New Features
* To reduce the influence of spurious hits in the translated search step, raw translated search results are now subjected to an initial protein coverage filter (default >50%). A read's weight is only divided over proteins that meet this coverage threshold, which (in addition to removing spurious hits) has the added benefit of substantially reducing the size of the genefamilies.tsv output file. To change the default coverage threshold, use the option "--coverage-threshold <50.0>".
* Unmapped reads are now included in the gene families abundance output file as a new "UNMAPPED" feature. This value represents the total unmapped reads after both searches, nucleotide and translated. For more information on this computation, see the documentation section about the gene families abundance file.
* Unmapped read abundance is similarly carried through to the pathway abundance file, along with a new stratified feature, "UNINTEGRATED," which reflects the total abundance of genes that did not contribute to a metabolic pathway.

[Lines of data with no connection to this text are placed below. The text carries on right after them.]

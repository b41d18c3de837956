//! OIL: names of objects. Names of 1 to 32 bytes, and the names of a system.

ghost use Rattle.std.specs.Prelude.{◌≡◌, ◌<◌, ◌↔◌, IsTrue, IsSome, IfSome, length, bytes_eq, ◌≤◌};
ghost use Rattle.osek_base.specs.Names.{
  HasOwner,
  HasResource,
  owner_name,
  resource_name,
  alarm_name,
  is_proper_name,
  number_of,
};

use crate::ids::{AlarmId, ModeId, Owner, ResId};
use crate::limits::{MAX_MODES, MAX_NAME};
use arrayvec::ArrayString;
use std::marker::Model;

/// A name of 1 to 32 bytes, seen as its bytes.
#[derive(Clone, Debug, Drop)]
pub struct Name {
    text: ArrayString<MAX_NAME>,
}

impl Model for Name {
    ghost use Rattle.std.specs.Prelude.{List, ℕ, IsTrue};
    ghost use Rattle.osek_base.specs.Names.{is_proper_name};

    ghost Value = { List ℕ };

    ghost view = { λ n. n.text.bytes };

    ghost invariant = { λ n. IsTrue (is_proper_name n.text.bytes) };
}

impl Name {
    /// The name with that text, where it has 1 to 32 bytes.
    pub fn new(text: &str) -> Option<Self>
        ensures proper { IsSome result ↔ IsTrue (is_proper_name text.now) }
        ensures value { IfSome result (λ n. n ≡ text.now) }
    {
        if text.is_empty() || text.len() > MAX_NAME {
            return None;
        }
        match ArrayString::from(text) {
            Ok(text) => Some(Name { text }),
            Err(_) => None,
        }
    }

    /// The text of the name.
    pub fn as_str(&self) -> &str
        ensures value { result.now ≡ self.now }
        ensures proper { IsTrue (is_proper_name self.now) }
    {
        self.text.as_str()
    }

    fn is(&self, text: &str) -> bool
        ensures { result ≡ bytes_eq self.now text.now }
    {
        self.as_str() == text
    }
}

fn number_of(text: &str, names: &[Name]) -> Option<usize>
    ensures value { result ≡ number_of text.now names.now }
    ensures bound { IfSome result (λ n. n < length names.now) }
{
    match names.split_first() {
        None => None,
        Some((name, rest)) => {
            if name.is(text) {
                Some(0)
            } else {
                match number_of(text, rest) {
                    None => None,
                    Some(number) => Some(number + 1),
                }
            }
        }
    }
}

/// The names of a system's objects, each at its number.
#[derive(Drop)]
pub struct Names {
    pub tasks: Vec<Name>,
    pub routines: Vec<Name>,
    pub resources: Vec<Name>,
    pub events: Vec<Name>,
    pub alarms: Vec<Name>,
    pub modes: Vec<Name>,
}

impl Model for Names {
    ghost use Rattle.osek_base.specs.Names.{Names as Configured};

    ghost Value = { Configured };

    ghost view = { λ n. record {
      tasks = n.tasks.items;
      routines = n.routines.items;
      resources = n.resources.items;
      events = n.events.items;
      alarms = n.alarms.items;
      modes = n.modes.items;
    } };
}

impl Names {
    /// The name of a task or routine.
    pub fn of(&self, owner: Owner) -> &str
        requires { HasOwner self.now owner }
        ensures { result.now ≡ owner_name self.now owner }
    {
        match owner {
            Owner::Task(task) => self.tasks[task.number() as usize].as_str(),
            Owner::Routine(routine) => self.routines[routine.number() as usize].as_str(),
        }
    }

    /// The name of a resource, also of RES_SCHEDULER.
    pub fn resource(&self, resource: ResId) -> &str
        requires { HasResource self.now resource }
        ensures { result.now ≡ resource_name self.now resource }
    {
        match resource {
            ResId::Declared(number) => self.resources[number.number() as usize].as_str(),
            ResId::Scheduler => "RES_SCHEDULER",
        }
    }

    /// The name of an alarm.
    pub fn alarm(&self, alarm: AlarmId) -> &str
        requires { alarm < length self.now.alarms }
        ensures { result.now ≡ alarm_name self.now alarm }
    {
        self.alarms[alarm.number() as usize].as_str()
    }

    /// The application mode of that name.
    pub fn mode(&self, name: &str) -> Option<ModeId>
        requires { length self.now.modes ≤ MAX_MODES }
        ensures { result ≡ number_of name.now self.now.modes }
    {
        match number_of(name, self.modes.as_slice()) {
            None => None,
            Some(number) => Some(ModeId::new(number as u8)),
        }
    }
}
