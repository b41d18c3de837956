//! OIL: grammar, and what preprocessors add. Bytes to tokens.

use crate::sources::{Place, Source};
use std::alloc::{AllocError, Global};

/// What a token is.
#[derive(Clone, Copy)]
pub enum Lexeme<'a> {
    /// A name or number: a run of letters, digits, `_`, `.`, `+` and `-`.
    Word(&'a str),
    /// What stands between quotation marks.
    Text(&'a [u8]),
    /// `#include` and a path between quotation marks or `<` and `>`.
    Include(&'a [u8]),
    /// Another line that begins with `#`.
    Directive,
    Open,
    Close,
    Equals,
    Semicolon,
    Colon,
    /// A comment or string up to the end of the file.
    Unended,
    /// A byte that no other token has.
    Other,
}

/// A token and its place.
#[derive(Clone, Copy)]
pub struct Token<'a> {
    pub place: Place,
    pub lexeme: Lexeme<'a>,
}

/// What stands at the front of some bytes: a token, or white space or a comment, which is none.
#[derive(Clone, Copy)]
struct Piece<'a> {
    /// How many bytes it has.
    len: usize,
    lexeme: Option<Lexeme<'a>>,
}

fn is_run_byte(byte: u8) -> bool {
    byte.is_ascii_alphanumeric() || matches!(byte, b'_' | b'.' | b'+' | b'-')
}

/// The longest run of letters, digits, `_`, `.`, `+` and `-` at the front.
fn run(bytes: &[u8]) -> &[u8] {
    for (number, byte) in bytes.iter().enumerate() {
        if !is_run_byte(*byte) {
            return first(bytes, number);
        }
    }
    bytes
}

fn first(bytes: &[u8], count: usize) -> &[u8] {
    let (front, _) = bytes.split_at(count.min(bytes.len()));
    front
}

/// What stands behind so many bytes.
fn behind(bytes: &[u8], count: usize) -> &[u8] {
    let (_, rest) = bytes.split_at(count.min(bytes.len()));
    rest
}

/// The bytes before the next line end; all, where there is none.
fn line(bytes: &[u8]) -> &[u8] {
    for (number, byte) in bytes.iter().enumerate() {
        if *byte == b'\n' || *byte == b'\r' {
            return first(bytes, number);
        }
    }
    bytes
}

/// The bytes before the next byte of that kind, where one is there.
fn up_to(bytes: &[u8], end: u8) -> Option<&[u8]> {
    for (number, byte) in bytes.iter().enumerate() {
        if *byte == end {
            return Some(first(bytes, number));
        }
    }
    None
}

/// How many bytes a comment up to `*/` has, where it ends. The `/*` are its first two bytes.
fn block_comment_len(bytes: &[u8]) -> Option<usize> {
    let mut is_behind_star = false;
    for (number, byte) in bytes.iter().enumerate() {
        if is_behind_star && *byte == b'/' {
            return Some(number.saturating_add(1));
        }
        is_behind_star = number >= 2 && *byte == b'*';
    }
    None
}

/// A token of so many bytes.
fn mark(len: usize, lexeme: Lexeme<'_>) -> Piece<'_> {
    Piece {
        len,
        lexeme: Some(lexeme),
    }
}

fn blank<'a>(len: usize) -> Piece<'a> {
    Piece { len, lexeme: None }
}

fn comment(bytes: &[u8]) -> Piece<'_> {
    match bytes {
        [_, b'/', ..] => blank(line(bytes).len()),
        [_, b'*', ..] => match block_comment_len(bytes) {
            Some(len) => blank(len),
            None => mark(bytes.len(), Lexeme::Unended),
        },
        _ => mark(1, Lexeme::Other),
    }
}

/// A string; its first byte is a quotation mark.
fn string(bytes: &[u8]) -> Piece<'_> {
    match up_to(behind(bytes, 1), b'"') {
        Some(text) => mark(text.len().saturating_add(2), Lexeme::Text(text)),
        None => mark(bytes.len(), Lexeme::Unended),
    }
}

/// The bytes without blanks in front.
fn unindented(bytes: &[u8]) -> &[u8] {
    for (number, byte) in bytes.iter().enumerate() {
        if *byte != b' ' && *byte != b'\t' {
            return behind(bytes, number);
        }
    }
    b""
}

/// The path behind `#include` on a line.
fn included(line: &[u8]) -> Option<&[u8]> {
    let words = unindented(line.strip_prefix(b"#")?);
    match unindented(words.strip_prefix(b"include")?) {
        [b'"', path @ ..] => up_to(path, b'"'),
        [b'<', path @ ..] => up_to(path, b'>'),
        _ => None,
    }
}

/// A line that begins with `#`.
fn directive(bytes: &[u8]) -> Piece<'_> {
    let line = line(bytes);
    match included(line) {
        Some(path) => mark(line.len(), Lexeme::Include(path)),
        None => mark(line.len(), Lexeme::Directive),
    }
}

fn word(bytes: &[u8]) -> Piece<'_> {
    let run = run(bytes);
    match std::str::from_utf8(run) {
        Ok(text) if !text.is_empty() => mark(run.len(), Lexeme::Word(text)),
        _ => mark(1, Lexeme::Other),
    }
}

/// What stands at the front of some bytes that begin with that one.
fn piece_at(byte: u8, bytes: &[u8]) -> Piece<'_> {
    match byte {
        b' ' | b'\t' | b'\r' | b'\n' | 0x0B | 0x0C => blank(1),
        b'/' => comment(bytes),
        b'"' => string(bytes),
        b'#' => directive(bytes),
        b'{' => mark(1, Lexeme::Open),
        b'}' => mark(1, Lexeme::Close),
        b'=' => mark(1, Lexeme::Equals),
        b';' => mark(1, Lexeme::Semicolon),
        b':' => mark(1, Lexeme::Colon),
        _ => word(bytes),
    }
}

/// The tokens of a file, and the place of its end.
pub(crate) fn tokenize<'a>(
    alloc: Global,
    file: usize,
    source: Source<'a>,
) -> Result<(Vec<Token<'a>>, Place), AllocError> {
    let text = source.content();
    let mut tokens = Vec::new(alloc);
    let mut place = Place::first(file);
    let mut before = 0;
    let mut next = 0;
    for (number, byte) in text.iter().enumerate() {
        if number >= next {
            let piece = piece_at(*byte, behind(text, number));
            next = number.saturating_add(piece.len);
            if let Some(lexeme) = piece.lexeme {
                tokens.push(Token { place, lexeme })?;
            }
        }
        place = place.behind(before, *byte);
        before = *byte;
    }
    Ok((tokens, place))
}
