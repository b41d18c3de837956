//! OSEK/VDX OS: system services; the modelled processor. What a tick executes.

ghost use Rattle.std.specs.Prelude.{◌≡◌};
ghost use Rattle.osek_base.specs.Executed.{StandsIn, executed_record};

use crate::ids::{Owner, Place};
use crate::system::System;
use crate::trace_event::{Outcome, TraceEvent};

/// An instruction that was executed: by whom, at what place of the program, and what it came to.
#[derive(Clone, Copy)]
pub struct Executed {
    pub owner: Owner,
    pub place: Place,
    pub outcome: Outcome,
}

impl Executed {
    /// Its record, with the instruction that the system has at its place.
    pub fn record_in(&self, system: &System) -> TraceEvent
        requires { StandsIn system.now self.now }
        ensures { result ≡ executed_record system.now self.now }
    {
        let instruction = system.instruction_at(self.owner, self.place);
        TraceEvent::Executed(self.owner, self.place, instruction, self.outcome)
    }
}
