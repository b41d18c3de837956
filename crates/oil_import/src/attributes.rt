//! OIL: standard objects and their attributes. Which attributes there are, what they take, and what
//! they are where they are missing.

use crate::items::{Item, Written};
use crate::reasons;
use oil_reader::{AttributeName, Ident, Kind, Value};
use osek_base::MAX_NAME;
use osek_base::words::{is_word_byte, number_at};

/// The kind of that word.
pub(crate) fn kind_of(word: &str) -> Option<Kind> {
    match word {
        "OS" => Some(Kind::Os),
        "APPMODE" => Some(Kind::AppMode),
        "TASK" => Some(Kind::Task),
        "ISR" => Some(Kind::Isr),
        "RESOURCE" => Some(Kind::Resource),
        "EVENT" => Some(Kind::Event),
        "COUNTER" => Some(Kind::Counter),
        "ALARM" => Some(Kind::Alarm),
        _ => None,
    }
}

/// Whether a word is that of a CPU. Some tools write OSEK.
pub(crate) fn is_cpu(word: &str) -> bool {
    matches!(word, "CPU" | "OSEK")
}

/// Whether an attribute says that calls or alarms count a counter up, and not the time.
pub(crate) fn is_software_counter(kind: Kind, item: &Item<'_>) -> bool {
    match (kind, item.word, item.written) {
        (Kind::Counter, "TYPE", Written::Word("SOFTWARE")) => true,
        _ => false,
    }
}

/// Whether objects of a kind that isn't known are those of communication or network management.
pub(crate) fn is_of_communication(word: &str) -> bool {
    matches!(word, "COM" | "MESSAGE" | "NETWORKMESSAGE" | "IPDU" | "NM")
}

/// The attribute of that word.
pub(crate) fn attribute_of(scope: &[AttributeName], word: &str) -> Option<AttributeName> {
    for attribute in scope {
        if attribute.word() == word {
            return Some(*attribute);
        }
    }
    None
}

/// Whether a word has the form of a NAME.
fn is_name(word: &str) -> bool {
    if word.len() > MAX_NAME {
        return false;
    }
    match word.as_bytes() {
        [] => false,
        [b'0'..=b'9', ..] => false,
        bytes => are_word_bytes(bytes),
    }
}

pub(crate) fn are_word_bytes(bytes: &[u8]) -> bool {
    for byte in bytes {
        if !is_word_byte(*byte) {
            return false;
        }
    }
    true
}

/// Whether a CPU may have that name.
pub(crate) fn is_cpu_name(word: &str) -> bool {
    is_name(word)
}

/// Whether an object may have that name.
pub(crate) fn is_object_name(word: &str) -> bool {
    let is_reserved = matches!(
        word,
        "INVALID" | "r0" | "r1" | "r2" | "r3" | "r4" | "r5" | "r6" | "r7"
    );
    is_name(word) && !is_reserved
}

/// The value that a word is.
pub(crate) fn value_of(word: &str) -> Option<Value<'_>> {
    if let Some(number) = number_at(word.as_bytes()) {
        return (number.len == word.len()).then_some(Value::Number(number.value));
    }
    if !is_name(word) || word.is_empty() || word.len() > MAX_NAME {
        return None;
    }
    Some(Value::Name(Ident { text: word }))
}

/// The objects that an attribute names, where it names some.
pub(crate) fn named_by(attribute: AttributeName) -> Option<Kind> {
    match attribute {
        AttributeName::TaskResource => Some(Kind::Resource),
        AttributeName::TaskEvent | AttributeName::ActionEvent => Some(Kind::Event),
        AttributeName::AlarmCounter => Some(Kind::Counter),
        AttributeName::ActionTask => Some(Kind::Task),
        AttributeName::StartMode => Some(Kind::AppMode),
        _ => None,
    }
}

/// Whether an attribute means nothing here: what asks for it is the code of hooks.
pub(crate) fn is_of_hook_code(attribute: AttributeName) -> bool {
    matches!(
        attribute,
        AttributeName::UseGetServiceId | AttributeName::UseParameterAccess
    )
}

pub(crate) fn is_hook(attribute: AttributeName) -> bool {
    matches!(
        attribute,
        AttributeName::StartupHook
            | AttributeName::ErrorHook
            | AttributeName::ShutdownHook
            | AttributeName::PreTaskHook
            | AttributeName::PostTaskHook
    )
}

/// What an attribute is where it is missing.
pub(crate) fn default_of(attribute: AttributeName) -> Option<&'static str> {
    match attribute {
        AttributeName::Status => Some("EXTENDED"),
        AttributeName::UseResScheduler => Some("TRUE"),
        AttributeName::Schedule => Some("FULL"),
        AttributeName::Activation | AttributeName::TicksPerBase | AttributeName::MinCycle => {
            Some("1")
        }
        AttributeName::TaskAutostart | AttributeName::AlarmAutostart => Some("FALSE"),
        AttributeName::IsrPriority => Some("0"),
        AttributeName::ResourceProperty => Some("STANDARD"),
        AttributeName::EventMask => Some("AUTO"),
        _ if is_hook(attribute) => Some("FALSE"),
        _ => None,
    }
}

/// Why an attribute doesn't take a value.
pub(crate) fn reason_against(attribute: AttributeName) -> &'static str {
    match attribute {
        AttributeName::Status => reasons::EXTENDED_STATUS,
        AttributeName::TaskPriority => reasons::PRIORITIES_OF_TASKS,
        AttributeName::IsrPriority => reasons::PRIORITIES_OF_ROUTINES,
        AttributeName::Schedule => reasons::SCHEDULES,
        AttributeName::Activation => reasons::ACTIVATIONS,
        AttributeName::Category => reasons::CATEGORIES,
        AttributeName::ResourceProperty => reasons::PROPERTIES,
        AttributeName::EventMask => reasons::MASKS,
        AttributeName::AlarmAction => reasons::ACTIONS,
        AttributeName::MaxAllowedValue
        | AttributeName::TicksPerBase
        | AttributeName::MinCycle
        | AttributeName::AlarmTime
        | AttributeName::CycleTime => reasons::NUMBERS,
        _ if named_by(attribute).is_some() => reasons::BAD_NAME,
        _ => reasons::SWITCH,
    }
}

These features are included in the pathway coverage file to maintain pathway abundance/coverage concordance (see below). For information on how these values are calculated, see the documentation section for each file.
Other Changes
* The included mapping from level-4 EC groups to UniRef50 clusters has been expanded based on annotations from TrEMBL. ~10x more UniRef50s can now be mapped to a level-4 EC group.
* The regroup_table script has been modified to include an "UNGROUPED" group, which captures the abundance of features that failed to map to another, non-trivial group. The "UNMAPPED" feature (see above) will always carry through to a regrouped table.
* The format of the pathway abundance and coverage output files has been updated so both files include the same order of pathways and species. The pathways are ordered by decreasing abundance. Pathways with zero abundance are not included.